Alice’s morality teacher, Father Murphy (of course), teaches that sex is only for procreation, and that when it comes to sexual desire, boys are like microwaves (turned on easily, no warm-up required) while girls are like conventional ovens. This useful lecture comes right before she receives a pornographic image from a creep she encounters in that online chatroom, which leads her to try masturbating for the first time – something she’s been told, repeatedly, will send her to hell. She’s also the subject of a nasty rumor that she engaged in a sex act with another student, but she doesn’t even know what the act is because she’s unfamiliar with the term used for it. She then heads off on that retreat, which is Kairos by another name, where she discovers that many people in charge of the endeavor don’t exactly practice what they preach.
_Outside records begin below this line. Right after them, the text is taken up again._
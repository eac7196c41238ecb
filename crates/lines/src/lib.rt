// The listing's text, written into a lent buffer. Document 01, "The listing".
// Every function is total: a word behind a table's end is 0, and a part of the source ends with the source.
#![tactic(auto)]

ghost use Rattle.std.specs.Prelude.{◌≡◌, ◌+◌, ◌*◌, length, get_or, drop};
ghost use Rattle.std.proofs.lemmas.List.Edits.{sets};
ghost use Rattle.terms.specs.Label.{part};
ghost use Rattle.text.specs.Text.{length_in, with_text, decimal};
ghost use Rattle.lines.specs.Listing.{spaced, kind_word, numbers, row_fields, row_line, row_lines, declaration_word, declaration_rows, declaration_line, declaration_lines, first_line, listing, place_text, refused_line, refusal_line};

use kind_words::{WORDS, kind_at};
use rows::atom;
use tables::word_at;
use text::{put, put_byte, put_decimal};
use token::Refusal;

// The table from row k on, of rows that have so many words.
fn rows_from(t: &[u32], width: usize, k: usize) -> &[u32]
    ensures { result.now ≡ drop (k * width) t.now }
{
    let at = k.saturating_mul(width);
    t.get(at..).unwrap_or(&[])
}

fn put_part(s: &[u8], start: u32, len: u32, out: &mut [u8], at: usize) -> usize
    ensures out_after { out.new ≡ sets out.old at (part s.now start len) }
    ensures value { result ≡ length_in out.old (at + length (part s.now start len)) }
{
    put(out, at, atom(s, start, len))
}

fn put_kind_word(kind: u32, out: &mut [u8], at: usize) -> usize
    ensures out_after { out.new ≡ sets out.old at (kind_word kind) }
    ensures value { result ≡ length_in out.old (at + length (kind_word kind)) }
{
    let k = kind_at(kind);
    put_part(&WORDS, k.0 as u32, k.1 as u32, out, at)
}

fn put_declaration_word(kind: u32, out: &mut [u8], at: usize) -> usize
    ensures out_after { out.new ≡ sets out.old at (declaration_word kind) }
    ensures value { result ≡ length_in out.old (at + length (declaration_word kind)) }
{
    match kind {
        1 => put(out, at, b"postulate"),
        2 => put(out, at, b"transparent"),
        3 => put(out, at, b"opaque"),
        _ => put(out, at, b""),
    }
}

fn put_number(n: u64, out: &mut [u8], at: usize) -> usize
    ensures out_after { out.new ≡ sets out.old at (spaced (decimal n)) }
    ensures value { result ≡ length_in out.old (at + length (spaced (decimal n))) }
{
    let next = put_byte(out, at, 32);
    put_decimal(out, next, n)
}

// n words from word i on.
fn put_numbers(t: &[u32], i: u32, n: u32, out: &mut [u8], at: usize) -> usize
    ensures out_after { out.new ≡ sets out.old at (numbers n t.now i) }
    ensures value { result ≡ length_in out.old (at + length (numbers n t.now i)) }
{
    // An offset far behind the buffer's end is cut, also where nothing follows.
    let mut pos = at.min(out.len() + 1);
    for j in 0..n as usize {
        let word = word_at(t, i as usize + j);
        pos = put_number(u64::from(word), out, pos);
    }
    pos
}

// The part of the source whose start and length are words 1 and 2 of a row: a universe's digits, or a declaration's name.
fn put_span(s: &[u8], row: &[u32], out: &mut [u8], at: usize) -> usize
    ensures out_after { out.new ≡ sets out.old at (spaced (part s.now (get_or row.now 1 0) (get_or row.now 2 0))) }
    ensures value { result ≡ length_in out.old (at + length (spaced (part s.now (get_or row.now 1 0) (get_or row.now 2 0)))) }
{
    let start = word_at(row, 1);
    let len = word_at(row, 2);
    let next = put_byte(out, at, 32);
    put_part(s, start, len, out, next)
}

// What stands behind the word of a core row's kind.
fn put_fields(s: &[u8], row: &[u32], out: &mut [u8], at: usize) -> usize
    ensures out_after { out.new ≡ sets out.old at (row_fields s.now row.now 0) }
    ensures value { result ≡ length_in out.old (at + length (row_fields s.now row.now 0)) }
{
    let kind = word_at(row, 0);
    if kind == 3 {
        return put_span(s, row, out, at);
    }
    let k = kind_at(kind);
    put_numbers(row, 1, k.2 as u32, out, at)
}

fn put_row(s: &[u8], core: &[u32], k: usize, out: &mut [u8], at: usize) -> usize
    ensures out_after { out.new ≡ sets out.old at (row_line s.now core.now k) }
    ensures value { result ≡ length_in out.old (at + length (row_line s.now core.now k)) }
{
    let row = rows_from(core, 8, k);
    let mut pos = put_decimal(out, at, k as u64);
    pos = put_byte(out, pos, 32);
    pos = put_kind_word(word_at(row, 0), out, pos);
    pos = put_fields(s, row, out, pos);
    put_byte(out, pos, 10)
}

fn put_rows(s: &[u8], core: &[u32], rows: usize, out: &mut [u8], at: usize) -> usize
    ensures out_after { out.new ≡ sets out.old at (row_lines s.now core.now rows 0) }
    ensures value { result ≡ length_in out.old (at + length (row_lines s.now core.now rows 0)) }
{
    // An offset far behind the buffer's end is cut, also where nothing follows.
    let mut pos = at.min(out.len() + 1);
    for k in 0..rows {
        pos = put_row(s, core, k, out, pos);
    }
    pos
}

// The type row, and the body row if there is one.
fn put_declaration_rows(declaration: &[u32], out: &mut [u8], at: usize) -> usize
    ensures out_after { out.new ≡ sets out.old at (declaration_rows declaration.now 0) }
    ensures value { result ≡ length_in out.old (at + length (declaration_rows declaration.now 0)) }
{
    if word_at(declaration, 0) == 1 {
        return put_numbers(declaration, 3, 1, out, at);
    }
    put_numbers(declaration, 3, 2, out, at)
}

fn put_declaration(s: &[u8], declarations: &[u32], k: usize, out: &mut [u8], at: usize) -> usize
    ensures out_after { out.new ≡ sets out.old at (declaration_line s.now declarations.now k) }
    ensures value { result ≡ length_in out.old (at + length (declaration_line s.now declarations.now k)) }
{
    let declaration = rows_from(declarations, 5, k);
    let mut pos = put_decimal(out, at, k as u64);
    pos = put_byte(out, pos, 32);
    pos = put_declaration_word(word_at(declaration, 0), out, pos);
    pos = put_span(s, declaration, out, pos);
    let end = put_declaration_rows(declaration, out, pos);
    put_byte(out, end, 10)
}

fn put_declarations(
    s: &[u8],
    declarations: &[u32],
    count: usize,
    out: &mut [u8],
    at: usize,
) -> usize
    ensures out_after { out.new ≡ sets out.old at (declaration_lines s.now declarations.now count 0) }
    ensures value { result ≡ length_in out.old (at + length (declaration_lines s.now declarations.now count 0)) }
{
    // An offset far behind the buffer's end is cut, also where nothing follows.
    let mut pos = at.min(out.len() + 1);
    for k in 0..count {
        pos = put_declaration(s, declarations, k, out, pos);
    }
    pos
}

fn put_first_line(rows: usize, count: usize, out: &mut [u8], at: usize) -> usize
    ensures out_after { out.new ≡ sets out.old at (first_line rows count) }
    ensures value { result ≡ length_in out.old (at + length (first_line rows count)) }
{
    let mut pos = put(out, at, b"nodes ");
    pos = put_decimal(out, pos, rows as u64);
    pos = put(out, pos, b" declarations ");
    pos = put_decimal(out, pos, count as u64);
    put_byte(out, pos, 10)
}

// The whole listing of a core table with so many rows and a declaration list with so many declarations.
pub fn put_listing(
    s: &[u8],
    core: &[u32],
    declarations: &[u32],
    rows: usize,
    count: usize,
    out: &mut [u8],
) -> usize
    ensures out_after { out.new ≡ with_text out.old (listing s.now core.now declarations.now rows count) }
    ensures value { result ≡ length_in out.old (length (listing s.now core.now declarations.now rows count)) }
{
    let mut pos = put_first_line(rows, count, out, 0);
    pos = put_rows(s, core, rows, out, pos);
    put_declarations(s, declarations, count, out, pos)
}

fn put_place(place: Option<usize>, out: &mut [u8], at: usize) -> usize
    ensures out_after { out.new ≡ sets out.old at (place_text place) }
    ensures value { result ≡ length_in out.old (at + length (place_text place)) }
{
    match place {
        Some(p) => {
            let next = put(out, at, b" at ");
            put_decimal(out, next, p as u64)
        }
        None => put(out, at, b""),
    }
}

// The line of a refusal by its class's number.
fn put_refused_at(class: u8, place: Option<usize>, out: &mut [u8], at: usize) -> usize
    ensures out_after { out.new ≡ sets out.old at (refused_line class place) }
    ensures value { result ≡ length_in out.old (at + length (refused_line class place)) }
{
    let mut pos = put(out, at, b"refused ");
    pos = put_decimal(out, pos, class as u64);
    pos = put_place(place, out, pos);
    put_byte(out, pos, 10)
}

// The same from the buffer's beginning on. The number may be any.
pub fn put_refused(class: u8, place: Option<usize>, out: &mut [u8]) -> usize
    ensures out_after { out.new ≡ with_text out.old (refused_line class place) }
    ensures value { result ≡ length_in out.old (length (refused_line class place)) }
{
    put_refused_at(class, place, out, 0)
}

// The line of a refusal.
pub fn put_refusal(refusal: Refusal, out: &mut [u8]) -> usize
    ensures out_after { out.new ≡ with_text out.old (refusal_line refusal) }
    ensures value { result ≡ length_in out.old (length (refusal_line refusal)) }
{
    put_refused(refusal.class.number(), refusal.place, out)
}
Masturbation, specifically a girl masturbating, is at the heart of the story here, and that alone makes Yes, God, Yes rather unusual – if that act appears at all in movies, it’s usually boys doing it, and usually just played for laughs. That’s notable in and of itself; women’s sexuality is generally ignored in movies, or seen as something immoral or sinful, as in horror movies that kill off any of the teenagers having sex. To this film’s credit, Alice’s masturbation isn’t treated as a joke, but as a natural part of the story, and a way to keep throwing her into religious doubt. Her sneaking around also lands her in trouble, which in turn lets her see what some of the other campers – and authority figures – are up to.
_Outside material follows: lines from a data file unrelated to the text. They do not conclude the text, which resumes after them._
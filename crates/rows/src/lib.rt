// Rows of eight words and declaration records of five: what each word is, storing them at a place of a lent table, the part of the
// source that a row or record names, and the rows of a declaration.
// The port of `TermFrameKind::arity` and `TermFrame::into_term` in surface/parser.rs. Document 01, "The module read", "The core module".
#![tactic(auto)]

ghost use Rattle.std.specs.Prelude.{◌≡◌, cond, [], ◌∷◌, ◌++◌, ◌+◌, ◌*◌, ◌<◌, get_or, take};
ghost use Rattle.terms.specs.Forms.{counts_as, arity_of, holds_span, holds_span_in};
ghost use Rattle.terms.specs.Label.{part};
ghost use Rattle.terms.specs.Resolution.{kept, covers};
ghost use Rattle.terms.specs.Rows.{pad, row, core_words};
ghost use Rattle.terms.specs.TextForms.{text_forms};
ghost use Rattle.rows.specs.Places.{has_place, stored_at};
ghost use Rattle.rows.specs.DeclarationRows.{row_behind, first_row};

use tables::word_at;
use terms::Label;

// The kinds of edition 0 2's arrow, and of the pi that it counts as.
const ARROW: u32 = 25;

const PI: u32 = 4;

// How many arguments a term of each kind has: octal digits, the last one for kind 3. An array would be copied where it is read.
const ARITIES: u64 = 0o241_003_002_061_311_222_120;

// Whether a term of each kind has the start and length of a name or numeral in its row: bits, the last one for kind 0.
const SPANS: u32 = 0b1_0000_0000_0000_0000_1011_1000;

// The kind of a term's core row, if it is kept: an arrow becomes a pi. It has a pi's arguments too, and covers the same one.
pub fn core_kind(kind: u32) -> u32
    ensures { result ≡ counts_as kind }
{
    if kind == ARROW { PI } else { kind }
}

pub fn arity(kind: u32) -> u32
    ensures { result ≡ arity_of kind }
{
    match core_kind(kind) {
        k @ 3..=24 => ((ARITIES >> (3 * (u64::from(k) - 3))) % 8) as u32,
        _ => 0,
    }
}

pub fn holds_span(kind: u32) -> bool
    ensures { result ≡ holds_span kind }
{
    kind <= 24 && (SPANS >> kind) % 2 == 1
}

// Whether a form's binder covers its argument i.
pub fn covers(kind: u32, i: usize) -> bool
    ensures { result ≡ covers kind i }
{
    matches!((core_kind(kind), i), (4 | 7, 1) | (5, 0))
}

// The first len arguments, and 0 for the others: one choice for all of them.
fn first_args(args: [u32; 6], len: u32) -> [u32; 6]
    ensures { result ≡ pad 6 (take len args) }
{
    match len {
        0 => [0, 0, 0, 0, 0, 0],
        1 => [args[0], 0, 0, 0, 0, 0],
        2 => [args[0], args[1], 0, 0, 0, 0],
        3 => [args[0], args[1], args[2], 0, 0, 0],
        4 => [args[0], args[1], args[2], args[3], 0, 0],
        5 => [args[0], args[1], args[2], args[3], args[4], 0],
        _ => args,
    }
}

// The label's kind, its span if the row has one, the first len arguments, and the label's offset.
pub fn row_words(label: Label, span: bool, args: [u32; 6], len: u32) -> [u32; 8]
    ensures { result ≡ row label.kind (cond span (label.start ∷ label.length ∷ []) [] ++ take len args) label.offset }
{
    let Label {
        kind,
        start,
        length,
        offset,
    } = label;
    let [a, b, c, d, e, f] = first_args(args, len);
    if span {
        [kind, start, length, a, b, c, d, offset]
    } else {
        [kind, a, b, c, d, e, f, offset]
    }
}

// Whether a term of core text of each kind has the start and length of a numeral in its row: var, global and universe.
pub fn holds_numeral(kind: u32) -> bool
    ensures { result ≡ holds_span_in text_forms kind }
{
    matches!(kind, 1..=3)
}

// The row of a term that is kept: only a universe has a span in the core module.
pub fn core_row(label: Label, args: [u32; 6], len: u32) -> [u32; 8]
    ensures { result ≡ core_words label kept (take len args) }
{
    let kind = core_kind(label.kind);
    row_words(Label { kind, ..label }, label.kind == 3, args, len)
}

// The row of a var with its count, or of a global with its place, for a reference at an offset.
pub fn reference_row(kind: u32, number: u32, offset: u32) -> [u32; 8]
    ensures { result ≡ row kind (number ∷ []) offset }
{
    [kind, number, 0, 0, 0, 0, 0, offset]
}

// The offset of the term at row k, 0 where the table has no such row.
pub fn row_offset(table: &[u32], k: u32) -> u32
    ensures { result ≡ get_or table.now (k * 8 + 7) 0 }
{
    word_at(table, k as usize * 8 + 7)
}

// Stores words at place k of a table of places so wide and answers true, or false where the table has no such place.
#[tactic(auto, using(crate::proofs::Storing::stored_nowhere, crate::proofs::Storing::stored_there))]
fn store_at<const WIDTH: usize>(table: &mut [u32], k: usize, words: &[u32; WIDTH]) -> bool
    requires { 0 < WIDTH }
    ensures value { result ≡ has_place WIDTH table.old k }
    ensures table_after { table.new ≡ stored_at WIDTH table.old k words.now }
{
    let there = k < table.len() / WIDTH;
    if there {
        tables::put(table, k * WIDTH, words);
    }
    there
}

// Stores a row.
pub fn store_row(table: &mut [u32], k: usize, row: [u32; 8]) -> bool
    ensures value { result ≡ has_place 8 table.old k }
    ensures table_after { table.new ≡ stored_at 8 table.old k row }
{
    store_at(table, k, &row)
}

// Stores a declaration record.
pub fn store_record(table: &mut [u32], k: usize, record: [u32; 5]) -> bool
    ensures value { result ≡ has_place 5 table.old k }
    ensures table_after { table.new ≡ stored_at 5 table.old k «record» }
{
    store_at(table, k, &record)
}

// A name or numeral as a part of the source; what runs past the end is cut off.
pub fn atom(s: &[u8], start: u32, length: u32) -> &[u8]
    ensures { result.now ≡ part s.now start length }
{
    let rest = s.get(start as usize..).unwrap_or(&[]);
    rest.get(..length as usize).unwrap_or(rest)
}

// The row behind those of declaration i. Its body's row is its last, or its type's where there is no body, whose row is then 0.
#[tactic(auto, unfolding(crate::specs::DeclarationRows::row_behind))]
pub fn row_behind(declarations: &[u32], i: usize) -> usize
    ensures { result ≡ row_behind declarations.now i }
{
    if declarations.len() / 5 < i {
        return 1;
    }
    let type_row = word_at(declarations, i * 5 + 3);
    let body_row = word_at(declarations, i * 5 + 4);
    type_row.max(body_row) as usize + 1
}

#[tactic(auto, unfolding(crate::specs::DeclarationRows::first_row))]
pub fn first_row(declarations: &[u32], i: usize) -> usize
    ensures { result ≡ first_row declarations.now i }
{
    if i == 0 {
        0
    } else {
        row_behind(declarations, i - 1)
    }
}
The script doesn’t pull its punches on Catholicism – not its treatment of all non-procreative sex as sinful, not its inherent subjugation of women – and even ends with a coda that depicts devout Catholics as both provincial and uncurious, even as Alice realizes there’s a world beyond the walls of her parochial school. The film doesn’t delve into questions of faith, but deals with the real-world impacts of the man-made doctrines, which require willful ignorance of human biology and sexuality, and allows the question of why these myriad rules even exist when the Christian Bible has barely anything from Jesus himself about sex to lay unanswered at the edges of the story. Once Alice goes through the looking glass by seeing that single pornographic image, she’s on a path where she’s going to question far more than just what the Church told her about sex.
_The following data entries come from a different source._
// What no clause says: that a text longer than any token's is shown, and that texts are read where there is memory.
use super::*;
use std::test::Fail;

#[test]
fn a_hundred_bytes_are_shown(rt: HostRuntime) -> Result<(), Fail> {
    let shown = format!(in rt.alloc(); "{}", Hex(&[0xc0; 100]))?;
    assert_eq!(rt; shown.len(), 200);
    assert_eq!(rt; &shown.as_bytes()[196..], &b"c0c0"[..]);
    let shown = format!(in rt.alloc(); "{:+08.1}", Hex(&[0xc0, 0x0d]))?;
    assert_eq!(rt; shown.as_str(), "c00d");
    Ok(())
}

#[test]
fn texts_are_read(rt: HostRuntime) -> Result<(), Fail> {
    assert!(rt; read_hex(rt.alloc(), b"c00d")?.is_some());
    assert!(rt; read_hex(rt.alloc(), b"c0d")?.is_none());
    assert!(rt; read_hex(rt.alloc(), b"c00x")?.is_none());
    assert!(rt; read_hex(rt.alloc(), b"C00D")?.is_none());
    Ok(())
}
Dyer was one of the weaker actors on Stranger Things, partly because her character wasn’t that interesting, but also because she played Nancy so flatly, only coming to life when she got involved in a combat scene. She’s better here, because she has more to do, although I still don’t get a lot of energy from her performances. She’s at her best in Yes, God, Yes when Alice is befuddled, confused, or surprised by something, but less convincing when she’s angry, spiteful, or, in one scene, trying to be passionate. The film does rest largely on her, as there isn’t another major character and most of the secondary ones are pretty one-note, and in that sense she is more than up to the task.

Yes, God, Yes premiered way back at SXSW in March of 2019, but the pandemic wrecked its release schedule, and after a very limited run in drive-throughs and via virtual cinema, it went to Netflix in October. At a scant 78 minutes, it’s just the right length for its subject, and if you’re a lapsed Catholic like me, I think you’ll especially enjoy it.